The original contract the Pilgrims had entered into with their merchant-sponsors..." in London called for everything they produced to go into a common store, and each member of the community," all 40 of them, "was entitled to one common share. All of the land they cleared and the houses they built belong to the community as well. "....

It was a commune. It was socialism! Because they wanted to be fair. "They were going to distribute it equally. All of the land they cleared and the houses they built belonged to the community as well. Nobody owned anything. They just had a share in it. It was a commune, folks. "It was the forerunner to the communes we saw in the '60s and '70s out in California -- and it was complete with organic vegetables, by the way," in case you'd like to know. "Bradford, who had become the new governor of the colony, recognized that this form of collectivism was as costly and destructive to the Pilgrims as that first harsh winter, which had taken so many lives," and half the people weren't carrying their weight, didn't have to.
"He decided to take bold action. Bradford assigned a plot of land to each family to work and manage," and they got to keep the bulk of what they produced, "thus turning loose the power of the marketplace. That's right. Long before Karl Marx was even born, the Pilgrims had discovered and experimented with what could only be described as socialism. And what happened? It didn't work! ... "What Bradford and his community found was that the most creative and industrious people had no incentive to work any harder than anyone else, unless they could utilize the power of personal motivation!
"But while most of the rest of the world has been experimenting with socialism for well over a hundred years ... the Pilgrims decided early on to scrap it permanently. What Bradford wrote about this social experiment should be in every schoolchild's history lesson.
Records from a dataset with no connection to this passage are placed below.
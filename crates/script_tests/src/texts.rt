//! The texts that are written.

use calls::{Call, Refusal, Reply};
use frame::Frame;
use gfx_base::Colour;
use journal::{write_fault, write_frame, write_reply, write_summary, write_tick};
use outside::{MemSink, Sink};
use std::alloc::Global;

/// A sink for `most` bytes whose write of that number, from 0 on, fails.
fn sink(alloc: Global, most: usize, failing: u64) -> Option<MemSink> {
    let failing = Vec::from_slice(alloc, &[failing]).ok()?;
    MemSink::new(alloc, most, failing).ok()
}

/// A black frame of eight by four points, with these points in a colour.
fn coloured(alloc: Global, value: u32, points: &[(u16, u16)]) -> Option<Frame> {
    let mut frame = Frame::new(alloc, 8, 4).ok()?;
    let colour = Colour::new(value)?;
    for (x, y) in points {
        if *x < frame.width() && *y < frame.height() {
            frame.put(*x, *y, colour);
        }
    }
    Some(frame)
}

const BLUE_POINTS: [(u16, u16); 6] = [(2, 1), (3, 1), (4, 1), (2, 2), (3, 2), (4, 2)];

const STRIPED_FRAME: &[u8] = b"frame 8 4\n000000*8\n000000*2 0000FF*3 000000*3\n=\n000000*8\n";

/// Colours and points, with the text of the frame.
const FRAMES: [(u32, &[(u16, u16)], &[u8]); 2] = [
    (255, &BLUE_POINTS, STRIPED_FRAME),
    (
        0xAB_CDEF,
        &[(7, 1), (0, 3)],
        b"frame 8 4\n000000*8\n000000*7 ABCDEF\n000000*8\nABCDEF 000000*7\n",
    ),
];

/// Whether a frame is written as this text, in five writes.
fn is_written(alloc: Global, frame: &Frame, text: &[u8]) -> bool {
    let Some(mut out) = sink(alloc, 100, 5) else {
        return false;
    };
    write_frame(&mut out, frame).is_ok() && out.bytes() == text && out.write(b"x").is_err()
}

fn is_coloured_written(alloc: Global, value: u32, points: &[(u16, u16)], text: &[u8]) -> bool {
    match coloured(alloc, value, points) {
        Some(frame) => is_written(alloc, &frame, text),
        None => false,
    }
}

#[test]
fn a_frame_has_a_line_for_each_row(rt: HostRuntime) {
    for (value, points, text) in FRAMES {
        assert!(rt;
            is_coloured_written(rt.alloc(), value, points, text),
            "{value}"
        );
    }
}

/// What is written of the striped frame into room for so many bytes where that write fails.
const PREFIXES: [(usize, u64, &str); 8] = [
    (100, 0, ""),
    (100, 1, "frame 8 4\n"),
    (100, 2, "frame 8 4\n000000*8\n"),
    (100, 3, "frame 8 4\n000000*8\n000000*2 0000FF*3 000000*3\n"),
    (
        100,
        4,
        "frame 8 4\n000000*8\n000000*2 0000FF*3 000000*3\n=\n",
    ),
    (0, 9, ""),
    (12, 9, "frame 8 4\n00"),
    (
        55,
        9,
        "frame 8 4\n000000*8\n000000*2 0000FF*3 000000*3\n=\n000000*",
    ),
];

/// Whether just this prefix of the striped frame is written, and the fault is counted.
fn is_prefix(alloc: Global, most: usize, failing: u64, prefix: &str) -> bool {
    let Some(frame) = coloured(alloc, 255, &BLUE_POINTS) else {
        return false;
    };
    let Some(mut out) = sink(alloc, most, failing) else {
        return false;
    };
    write_frame(&mut out, &frame).is_err() && out.bytes() == prefix.as_bytes() && out.faults() == 1
}

#[test]
fn a_frame_stops_where_the_sink_fails(rt: HostRuntime) {
    for (most, failing, prefix) in PREFIXES {
        assert!(rt; is_prefix(rt.alloc(), most, failing, prefix), "{prefix}");
    }
}

const CREATE: Call = Call::Create {
    parent: 1,
    x: -1,
    y: 2,
    w: 0,
    h: 4,
    class: 5,
};

const BITMAP: Call = Call::Bitmap {
    bitmap: 0,
    x: -1,
    y: 2,
};

const TEXT: Call = Call::Text {
    x: -1,
    y: 2,
    string: 0,
};

/// Calls, what they are answered, and the answer's line.
const ANSWERS: [(Call, Reply, &str); 26] = [
    (Call::Exec, Reply::Done, "ok\n"),
    (CREATE, Reply::Handle(70_000), "ok 70000\n"),
    (Call::Exec, Reply::Jobs(12), "ok 12\n"),
    (Call::Show { h: 2 }, Reply::Done, "ok\n"),
    (
        Call::Hide { h: 9 },
        Reply::Refused(Refusal::NoWindow(9)),
        "refused NoWindow 9\n",
    ),
    (
        Call::Hide { h: 1 },
        Reply::Refused(Refusal::Desktop),
        "refused Desktop\n",
    ),
    (
        CREATE,
        Reply::Refused(Refusal::TooDeep),
        "refused TooDeep\n",
    ),
    (
        CREATE,
        Reply::Refused(Refusal::BadSize),
        "refused BadSize\n",
    ),
    (
        CREATE,
        Reply::Refused(Refusal::NoClass(5)),
        "refused NoClass 5\n",
    ),
    (
        CREATE,
        Reply::Refused(Refusal::TooManyWindows),
        "refused TooManyWindows\n",
    ),
    (
        Call::Font { font: 255 },
        Reply::Refused(Refusal::NoFont(255)),
        "refused NoFont 255\n",
    ),
    (
        Call::Save,
        Reply::Refused(Refusal::ContextDepth),
        "refused ContextDepth\n",
    ),
    (
        Call::Restore,
        Reply::Refused(Refusal::NoContext),
        "refused NoContext\n",
    ),
    (BITMAP, Reply::Done, "ok\n"),
    (
        BITMAP,
        Reply::Refused(Refusal::NoBitmap(0)),
        "refused NoBitmap 0\n",
    ),
    (
        TEXT,
        Reply::Refused(Refusal::NoText(0)),
        "refused NoText 0\n",
    ),
    (
        TEXT,
        Reply::Refused(Refusal::NoText(255)),
        "refused NoText 255\n",
    ),
    (
        Call::DevCreate { w: 1, h: 2 },
        Reply::Device(u32::MAX),
        "ok 4294967295\n",
    ),
    (
        Call::DevCreate { w: 1, h: 2 },
        Reply::Refused(Refusal::TooManyDevices),
        "refused TooManyDevices\n",
    ),
    (
        Call::DevCreate { w: 1, h: 2 },
        Reply::Refused(Refusal::Memory),
        "refused Memory\n",
    ),
    (
        Call::Begin,
        Reply::Refused(Refusal::OpenDepth),
        "refused OpenDepth\n",
    ),
    (
        Call::End,
        Reply::Refused(Refusal::NotOpen),
        "refused NotOpen\n",
    ),
    (
        Call::Exec1,
        Reply::Refused(Refusal::Waiting(u32::MAX)),
        "refused Waiting 4294967295\n",
    ),
    (Call::Exec, Reply::Refused(Refusal::Full), "refused Full\n"),
    (Call::DevSelect { device: 0 }, Reply::Done, "ok\n"),
    (
        Call::DevDelete { device: 7 },
        Reply::Refused(Refusal::NoDevice(7)),
        "refused NoDevice 7\n",
    ),
];

/// Whether an answer is written as this text, in one write, and a sink that fails gets nothing.
fn is_answer(alloc: Global, frame: &Frame, call: &Call, reply: &Reply, text: &str) -> bool {
    let Some(mut out) = sink(alloc, 100, 1) else {
        return false;
    };
    write_reply(&mut out, call, reply, b"", frame).is_ok()
        && write_reply(&mut out, call, reply, b"", frame).is_err()
        && out.bytes() == text.as_bytes()
        && out.faults() == 1
}

#[test]
fn each_answer_is_one_write(rt: HostRuntime) {
    let frame = coloured(rt.alloc(), 255, &BLUE_POINTS).expect(&rt, "a frame");
    for (call, reply, text) in ANSWERS {
        assert!(rt;
            is_answer(rt.alloc(), &frame, &call, &reply, text),
            "{text}"
        );
    }
}

/// Whether a scan is answered by the striped frame where that is shown.
fn is_scan_answered(alloc: Global) -> bool {
    let Some(frame) = coloured(alloc, 255, &BLUE_POINTS) else {
        return false;
    };
    let Some(mut out) = sink(alloc, 100, 5) else {
        return false;
    };
    write_reply(&mut out, &Call::Scan, &Reply::Done, b"", &frame).is_ok()
        && out.bytes() == STRIPED_FRAME
}

#[test]
fn a_scan_is_answered_by_the_shown_frame(rt: HostRuntime) {
    assert!(rt; is_scan_answered(rt.alloc()));
}

const LAST_LINES: &[u8] =
    b"shown\nnothing\ndone calls 50 refused 1 shown 22 windows 3\nfault 7 syntax\n";

/// Whether these four lines are written in four writes.
fn are_last_lines_written(alloc: Global) -> bool {
    let Some(mut out) = sink(alloc, 100, 4) else {
        return false;
    };
    write_tick(&mut out, true).is_ok()
        && write_tick(&mut out, false).is_ok()
        && write_summary(&mut out, 50, 1, 22, 3).is_ok()
        && write_fault(&mut out, 7, b"syntax").is_ok()
        && write_fault(&mut out, 7, b"syntax").is_err()
        && out.bytes() == LAST_LINES
}

#[test]
fn ticks_the_last_line_and_a_fault_are_one_write_each(rt: HostRuntime) {
    assert!(rt; are_last_lines_written(rt.alloc()));
}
If it were, we might prevent much needless suffering in the future. 'The experience that we had in this common course and condition, tried sundry years,'" meaning it was tough for a long time, "'that by taking away property, and bringing community into a common wealth, would make them happy and flourishing -- as if they were wiser than God,' Bradford wrote."
Meaning: We thought we knew, but we were wrong.
"'For this community [so far as it was] was found to breed much confusion and discontent, and retard much employment that would have been to their benefit and comfort. For young men that were most able and fit for labor and service did repine that they should spend their time and strength to work for other men's wives and children without any recompense...that was thought injustice.'" So what happened was, the hard workers began to see a bunch of slackers. Even in the first Pilgrims, they had a bunch of slackers, and they said, "What the hell are we doing? If everybody's getting an equal share here and half of these people aren't working, to hell with this!" and they threw it out.
William Bradford wrote about it in the journal. "The Pilgrims found that people could not be expected to do their best work without incentive. So what did Bradford's community try next? They unharnessed the power of good old free enterprise by invoking the undergirding capitalistic principle of private property. Every family was assigned its own plot of land to work," and they were permitted to use it as they saw fit, "and permitted to market its own crops and products. And what was the result? 'This had very good success,' wrote Bradford, 'for it made all hands industrious, so as much more corn was planted than otherwise would have been.'"...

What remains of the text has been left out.